• WHAT TO WORK ON:
Wherever the string "OperandForm" appears in the records, return the line that holds it.
-------
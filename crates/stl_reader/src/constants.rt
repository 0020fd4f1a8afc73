//! Constants as operands, and the comparisons with 0.
ghost use Rattle.std.specs.Prelude.{◌≡◌, ◌≤◌, length};
ghost use Rattle.stl_decl.specs.Steps.{Gives, seen, at_rest};
ghost use Rattle.stl_decl.specs.Constants.{constant_of};
ghost use Rattle.stl_reader.specs.Constants.{is_plus_or_minus, is_figure_next, is_fraction, is_unsigned_real, is_real, form_of, area_of, constant_operand, number_operand, unsigned_operand, single_operand, is_zero, is_zero_next, zero_at, status_operand, signed_operand, sign_operand};

use crate::addresses::{NO_NAME, Operand, refused, taken};
use crate::forms::OperandForm;
use crate::words::{StatusSign, status_sign};
use instruction_set::OperandArea;
use stl_decl::{
    Constant, ConstantForm, Fault, constant_of, end_fault, is_sign, next, spelling, value_at,
};
use stl_lex::{Token, TokenKind};

/// Whether the token is the sign of a number.
pub fn is_plus_or_minus(text: &[u8], token: Token) -> bool
    ensures { result ≡ is_plus_or_minus text.now token }
{
    is_sign(text, token, b"+") || is_sign(text, token, b"-")
}

/// Whether a number or the part of a real number comes next.
pub fn is_figure_next(tokens: &[Token]) -> bool
    ensures { result ≡ is_figure_next tokens.now }
{
    match next(tokens) {
        Some((first, _)) => matches!(first.kind, TokenKind::Number | TokenKind::RealPart),
        None => false,
    }
}

/// Whether a point and figures come next.
fn is_fraction(text: &[u8], tokens: &[Token]) -> bool
    ensures { result ≡ is_fraction text.now tokens.now }
{
    match next(tokens) {
        Some((first, rest)) => is_sign(text, first, b".") && is_figure_next(rest),
        None => false,
    }
}

/// Whether a real constant without a sign comes next: with a point, or with a power of ten.
fn is_unsigned_real(text: &[u8], tokens: &[Token]) -> bool
    ensures { result ≡ is_unsigned_real text.now tokens.now }
{
    match next(tokens) {
        Some((first, rest)) => {
            matches!(first.kind, TokenKind::RealPart)
                || (matches!(first.kind, TokenKind::Number) && is_fraction(text, rest))
        }
        None => false,
    }
}

/// Whether a real constant comes next.
pub fn is_real(text: &[u8], tokens: &[Token]) -> bool
    ensures { result ≡ is_real text.now tokens.now }
{
    match next(tokens) {
        Some((first, rest)) if is_plus_or_minus(text, first) => is_unsigned_real(text, rest),
        _ => is_unsigned_real(text, tokens),
    }
}

/// The form of operand that a constant is.
fn form_of(form: ConstantForm) -> OperandForm
    ensures { result ≡ form_of form }
{
    match form {
        ConstantForm::Integer => OperandForm::Number,
        ConstantForm::LongInteger => OperandForm::LongInteger,
        ConstantForm::Word => OperandForm::WordPattern,
        ConstantForm::DoubleWord => OperandForm::DoubleWordPattern,
        _ => OperandForm::OtherLiteral,
    }
}

/// Whether a constant has 16 or 32 bits.
fn area_of(form: ConstantForm) -> OperandArea
    ensures { result ≡ area_of form }
{
    match form {
        ConstantForm::LongInteger | ConstantForm::DoubleWord | ConstantForm::Time => {
            OperandArea::DoubleWord
        }
        ConstantForm::Bits(digits) if digits > 16 => OperandArea::DoubleWord,
        ConstantForm::Characters(count) if count > 2 => OperandArea::DoubleWord,
        _ => OperandArea::Word,
    }
}

fn constant_operand(constant: Constant) -> Operand
    ensures { result ≡ constant_operand constant }
{
    Operand {
        area: area_of(constant.form),
        bit: 0,
        db: 0,
        value: constant.value,
        name: NO_NAME,
    }
}

/// A number from -32,768 to 32,767.
#[tactic(auto, unfolding(crate::specs::Constants::number_operand))]
fn number_operand<'a>(
    text: &[u8],
    tokens: &'a [Token],
) -> Result<(Operand, Token, &'a [Token]), Fault>
    requires { length text.now ≤ 1048576 }
    ensures { Gives seen result (number_operand text.now tokens.now) }
{
    let (value, rest) = value_at(text, tokens)?;
    Ok((constant_operand(value.constant), value.last, rest))
}

/// A number without a sign.
#[tactic(auto, unfolding(crate::specs::Constants::unsigned_operand))]
pub fn unsigned_operand<'a>(
    text: &[u8],
    mnemonic: [u8; 5],
    first: Token,
    tokens: &'a [Token],
) -> Result<(Operand, Token, &'a [Token]), Fault>
    requires { length text.now ≤ 1048576 }
    ensures { Gives seen result (unsigned_operand text.now mnemonic first tokens.now) }
{
    taken(text, mnemonic, OperandForm::Number, first)?;
    number_operand(text, tokens)
}

/// A literal, or characters.
pub fn single_operand<'a>(
    text: &[u8],
    mnemonic: [u8; 5],
    first: Token,
    rest: &'a [Token],
) -> Result<(Operand, Token, &'a [Token]), Fault>
    ensures { Gives seen result (single_operand (constant_of text.now first) text.now mnemonic first rest.now) }
{
    let Some(constant) = constant_of(text, first) else {
        return Err(refused(text, mnemonic, first));
    };
    taken(text, mnemonic, form_of(constant.form), first)?;
    Ok((constant_operand(constant), first, rest))
}

/// Whether the token is the 0 that is compared with.
fn is_zero(text: &[u8], token: Token) -> bool
    ensures { result ≡ is_zero text.now token }
{
    matches!(token.kind, TokenKind::Number) && spelling(text, token) == b"0".as_slice()
}

/// Whether 0 comes next.
pub fn is_zero_next(text: &[u8], tokens: &[Token]) -> bool
    ensures { result ≡ is_zero_next text.now tokens.now }
{
    match next(tokens) {
        Some((first, _)) => is_zero(text, first),
        None => false,
    }
}

fn zero_at<'a>(
    text: &[u8],
    mnemonic: [u8; 5],
    tokens: &'a [Token],
) -> Result<(Token, &'a [Token]), Fault>
    requires { length text.now ≤ 1048576 }
    ensures { Gives at_rest result (zero_at text.now mnemonic tokens.now) }
{
    let Some((first, rest)) = next(tokens) else {
        return Err(end_fault(text));
    };
    if is_zero(text, first) {
        Ok((first, rest))
    } else {
        Err(refused(text, mnemonic, first))
    }
}

/// A comparison with 0.
#[tactic(auto, unfolding(crate::specs::Constants::status_operand))]
fn status_operand<'a>(
    text: &[u8],
    mnemonic: [u8; 5],
    row: StatusSign,
    first: Token,
    tokens: &'a [Token],
) -> Result<(Operand, Token, &'a [Token]), Fault>
    requires { length text.now ≤ 1048576 }
    ensures { Gives seen result (status_operand text.now mnemonic row first tokens.now) }
{
    taken(text, mnemonic, OperandForm::Status, first)?;
    let (last, rest) = zero_at(text, mnemonic, tokens)?;
    Ok((
        Operand {
            area: OperandArea::Status,
            bit: 0,
            db: 0,
            value: row.value,
            name: NO_NAME,
        },
        last,
        rest,
    ))
}

/// A number with a sign.
#[tactic(auto, unfolding(crate::specs::Constants::signed_operand))]
fn signed_operand<'a>(
    text: &[u8],
    mnemonic: [u8; 5],
    first: Token,
    tokens: &'a [Token],
) -> Result<(Operand, Token, &'a [Token]), Fault>
    requires { length text.now ≤ 1048576 }
    ensures { Gives seen result (signed_operand text.now mnemonic first tokens.now) }
{
    if !is_plus_or_minus(text, first) {
        return Err(refused(text, mnemonic, first));
    }
    taken(text, mnemonic, OperandForm::SignedNumber, first)?;
    number_operand(text, tokens)
}

/// An operand that begins with a sign: `first` is the sign, `rest` what stands behind it, `tokens` both.
pub fn sign_operand<'a>(
    text: &[u8],
    mnemonic: [u8; 5],
    first: Token,
    rest: &'a [Token],
    tokens: &'a [Token],
) -> Result<(Operand, Token, &'a [Token]), Fault>
    requires { length text.now ≤ 1048576 }
    ensures { Gives seen result (sign_operand text.now mnemonic first rest.now tokens.now) }
{
    match status_sign(spelling(text, first)) {
        Some(row) => status_operand(text, mnemonic, row, first, rest),
        None => signed_operand(text, mnemonic, first, tokens),
    }
}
-------
• COMPLETED EXERCISE:
use crate::forms::OperandForm;
fn form_of(form: ConstantForm) -> OperandForm
        ConstantForm::Integer => OperandForm::Number,
        ConstantForm::LongInteger => OperandForm::LongInteger,
        ConstantForm::Word => OperandForm::WordPattern,
        ConstantForm::DoubleWord => OperandForm::DoubleWordPattern,
        _ => OperandForm::OtherLiteral,
    taken(text, mnemonic, OperandForm::Number, first)?;
    taken(text, mnemonic, OperandForm::Status, first)?;
    taken(text, mnemonic, OperandForm::SignedNumber, first)?;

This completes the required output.